In this section, the results obtained using Eq. (9.27) as a model function are presented. This function assumes that the nonlinearity in the system consists of a cubic term and one additional term only.

$$\displaystyle \begin{aligned} m \ddot x + c \dot x + k x + k_3 x^3 + k_r x |x|{}^{p-1} = f(t) {} \end{aligned} $$
(9.27)

The mechanical system is again subjected to the swept cosine excitation defined previously. Table 9.9 shows the outcomes from the analysis for additional term power p = 9. Results obtained for the remaining powers, namely p ∈{7, 8} can be found in [6].

Table 9.9 Additional nonlinear term degree: r =  2. Black (red) border around the bars indicates positive (negative) value

9.3.7 Comments to Case Study 2

A strategy to identify an SDOF mechanical system with unknown nonlinearity using NIXO methods was presented in this section. A few comments on the results obtained are enumerated below.

  1. 1.

    In the first stage of the system identification process, NIXO methods using Eq. (9.26) as a model function were used. The outcomes from this stage showed that a cubic nonlinear stiffness was present in the mechanical system. Additionally, the nonlinear stiffness terms of powers lower than or equal to 6 were discovered to be less significant in the system’s response.

  2. 2.

    In the second stage of the proposed strategy, NIXO methods used the model function presented in Eq. (9.27). The results from this stage showed that the cubic nonlinearity was also dominant over nonlinearities of higher powers.

  3. 3.

    NIFO methods did not work well when the mechanical system was excited with a swept cosine function. However, this type of forcing can be used as an input signal for the system identification based on the NIXO algorithms. Time did not allow exploring the use of broadband random forcing with NIFO, although the examples in the previous section showed that NIFO was more satisfactory in that case, typically similar to the NIXO method.

9.4 Conclusion and Future Work

This paper presented several new methods that can be successfully used in the estimation of the linear FRF as well as frequency-independent nonlinear parameters of a nonlinear system. The methods were first used in the system identification of a single degree of freedom system with the nonlinearity known à priori. Additionally, a black-box identification scheme utilizing the NIXO approaches was presented. Results were compared to those obtained using NIFO methods, which are popular approaches for nonlinear system identification.

Based on the outcomes presented in this work, it can be said that the NIXO algorithms show certain advantages over the NIFO approaches. First of all, the NIXO-based methods are not input-signal-sensitive. In the case studies used here, the NIFO algorithms required the mechanical system to be excited with a random forcing function. Furthermore, when considering black-box identification, NIXO methods turned out to be more effective than NIFO. The results returned by the former family of methods clearly showed that the cubic nonlinearity was dominant in the system response. The outcomes from the NIFO black-box identification did not show which nonlinear stiffness term was dominant in the system’s response.
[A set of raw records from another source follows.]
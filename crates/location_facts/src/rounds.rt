//! Computes the facts that are kept: lists of facts, round by round, up to the fixpoint.

ghost use Rattle.std.specs.Prelude.{◌≡◌, ◌≢◌, ◌++◌, ℕ, slice_get, [], nat_eq, if◌then◌else◌, IfOk};
ghost use Rattle.its_model.specs.Valid.{IsValid};
ghost use Rattle.its_model.specs.Views.{program_of};
ghost use Rattle.cert_types.specs.Composing.{AreRowsOf};
ghost use Rattle.location_facts.specs.Faults.{proofs_of, AreProved};
ghost use Rattle.location_facts.specs.Due.{AreShownEarlier, lists_of, listed_at, proofs_in, elements_in};
ghost use Rattle.location_facts.specs.Implied.{AreInOrder, AreProofsUnder, IsPushed};
ghost use Rattle.location_facts.specs.Kept.{IsNext, AreKept};
ghost use Rattle.location_facts.specs.Pointed.{ArePointed};
ghost use Rattle.location_facts.specs.Tables.{AreRulesInto};

use crate::candidates::all_candidates;
use crate::elements::Element;
use crate::fact::{FactProof, LocFact, LocFacts};
use crate::rules::{Search, due_rules, rules_under};
use crate::shown::{CandidateFacts, EarlierProofs, FactVerdict, proofs_under};
use crate::tables::rules_by_symbol;
use guard_prep::RuleRows;
use its_model::Program;
use poly_terms::Memory;
use std::alloc::Global;
use std::mem;

/// The facts that are kept within a number of pivots, with faultless proofs. This is a greatest fixpoint (as in
/// Houdini): start from all candidates; in each round drop every fact that some rule into its symbol doesn't imply
/// under the current list, until none is dropped. The answers of a rule remain valid while the facts at its source are
/// unchanged.
///
/// The first round asks for each rule whether its combined rows have no point and, if they may have one, which facts at
/// its target follow from them: one linear program each. A later round asks only for the rules at whose source a fact
/// was dropped, and doesn't ask whether a rule has a point if it has shown one. A fact refuted by a known point or ray
/// isn't queried. For programs with many rules and places these are still many linear programs.
///
/// # Errors
///
/// `Memory` if an allocation fails, or if the number of a symbol has more than 32 bits.
pub fn facts(
    alloc: Global,
    p: &Program,
    prepared_rules: &[RuleRows],
    pivots: u32,
) -> Result<LocFacts, Memory>
    requires valid { IsValid (program_of p.now) }
    requires rows { AreRowsOf prepared_rules.now (program_of p.now) }
    ensures kept { IfOk result (λ f. AreKept (program_of p.now) pivots f.kept.items) }
    ensures proved { IfOk result (λ f. AreProved (program_of p.now) f.kept.items (proofs_of f)) }
{
    let into = rules_by_symbol(alloc, p)?;
    let search = Search {
        program: p,
        prepared_rules,
        pivots,
        into: &into,
    };
    let candidates = all_candidates(alloc, p)?;
    let all = vec![in alloc; true; p.rules.len()]?;
    let mut points = vec![in alloc; false; p.rules.len()]?;
    let all_facts = CandidateFacts {
        facts: &candidates,
        proofs: Vec::new(alloc),
    };
    let mut found = next_facts(alloc, search, all_facts, &all, &mut points)?;
    let mut kept = candidates;
    while found.kept.len() < kept.len() {
        let due = due_rules(alloc, p, &kept, &found.kept)?;
        let LocFacts { kept: now, proofs } = found;
        let kept_so_far = CandidateFacts {
            facts: &now,
            proofs,
        };
        found = next_facts(alloc, search, kept_so_far, &due, &mut points)?;
        kept = now;
    }
    Ok(found)
}

// The facts of a list that every rule into their symbol implies under it, with proofs over the rows under that list.
// Only due rules are queried, and only about facts that no known point or ray refutes. A marked rule isn't asked for a
// point, since it has one, and a rule that shows a point is marked. The earlier answers of the other rules remain
// valid.
fn next_facts(
    alloc: Global,
    search: Search,
    listed: CandidateFacts,
    due: &[bool],
    points: &mut Vec<bool>,
) -> Result<LocFacts, Memory>
    requires valid { IsValid (program_of search.program.now) }
    requires rows { AreRowsOf search.prepared_rules.now (program_of search.program.now) }
    requires into { AreRulesInto (program_of search.program.now) search.into.now }
    requires ordered { AreInOrder (program_of search.program.now) listed.facts.now }
    requires shown { AreShownEarlier (program_of search.program.now) search.pivots due.now listed.facts.now
        (lists_of listed.proofs.items) }
    requires points { ArePointed (program_of search.program.now) listed.facts.now points.old.items }
    ensures next { IfOk result (λ f.
        IsNext (program_of search.entry.program.now) search.entry.pivots listed.entry.facts.now f.kept.items) }
    ensures proofs { IfOk result (λ f.
        AreProofsUnder (program_of search.entry.program.now) listed.entry.facts.now f.kept.items (proofs_of f)) }
    ensures points { IfOk result (λ _.
        ArePointed (program_of search.entry.program.now) listed.entry.facts.now points.new.items) }
{
    let CandidateFacts {
        facts,
        proofs: mut earlier_proofs,
    } = listed;
    let rules_under_facts = rules_under(alloc, search, facts, due, points)?;
    let mut kept = Vec::new(alloc);
    let mut proofs = Vec::new(alloc);
    let mut elements = Vec::new(alloc);
    let mut symbol = 0;
    for i in 0..facts.len() {
        let fact = facts[i];
        begin_symbol(&mut elements, symbol, fact.symbol);
        symbol = fact.symbol;
        let before = taken_proofs(alloc, &mut earlier_proofs, i);
        let earlier = EarlierProofs {
            fact,
            proofs: before,
        };
        let verdict = proofs_under(alloc, search, &rules_under_facts, &elements, earlier)?;
        push_verdict(&mut kept, &mut proofs, &mut elements, fact, verdict)?;
    }
    Ok(LocFacts { kept, proofs })
}

// Clears the elements when a fact has another symbol than the one before it: they belong to rules that don't lead
// there.
fn begin_symbol(elements: &mut Vec<Element>, before: u32, symbol: u32)
    ensures { elements.new.items ≡ (if nat_eq before symbol then elements.old.items else []) }
{
    if before != symbol {
        elements.clear();
    }
}

// Takes the proofs at a position; none if there are none.
#[tactic(auto, using(crate::proofs::DueRules::listed_there, crate::proofs::DueRules::listed_missing))]
fn taken_proofs(alloc: Global, proofs: &mut Vec<Vec<FactProof>>, i: usize) -> Vec<FactProof>
    ensures taken { result.items ≡ listed_at (lists_of proofs.old.items) i }
    ensures others { (j : ℕ) → j ≢ i → slice_get proofs.new.items j ≡ slice_get proofs.old.items j }
{
    match proofs.get_mut(i) {
        Some(list) => mem::replace(list, Vec::new(alloc)),
        None => Vec::new(alloc),
    }
}

// Appends a fact with its proofs, if it has them, or else the point or ray that refutes it, if there is one.
fn push_verdict(
    kept: &mut Vec<LocFact>,
    proofs: &mut Vec<Vec<FactProof>>,
    elements: &mut Vec<Element>,
    fact: LocFact,
    verdict: FactVerdict,
) -> Result<(), Memory>
    ensures facts { IfOk result (λ _.
        IsPushed fact (proofs_in verdict) kept.old.items kept.new.items proofs.old.items proofs.new.items) }
    ensures elements { IfOk result (λ _. elements.new.items ≡ elements.old.items ++ elements_in verdict) }
{
    match verdict {
        FactVerdict::Shown(list) => {
            kept.push(fact)?;
            proofs.push(list)?;
            Ok(())
        }
        FactVerdict::Refuted(element) => {
            elements.push(element)?;
            Ok(())
        }
        FactVerdict::Missed => Ok(()),
    }
}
Hence, they did not allow for making a confident decision on which of the nonlinear stiffness terms could be eliminated from the model function.

In a future work, both NIXO methods will be employed experimentally to identify the physical parameters describing the nonlinearity of a 3D printed beams for oscillations near their first vibration modes. The results will be then used to compute the NNM backbone curve and compared to the solution obtained by another estimation algorithm and data collected using the well-established testing approach.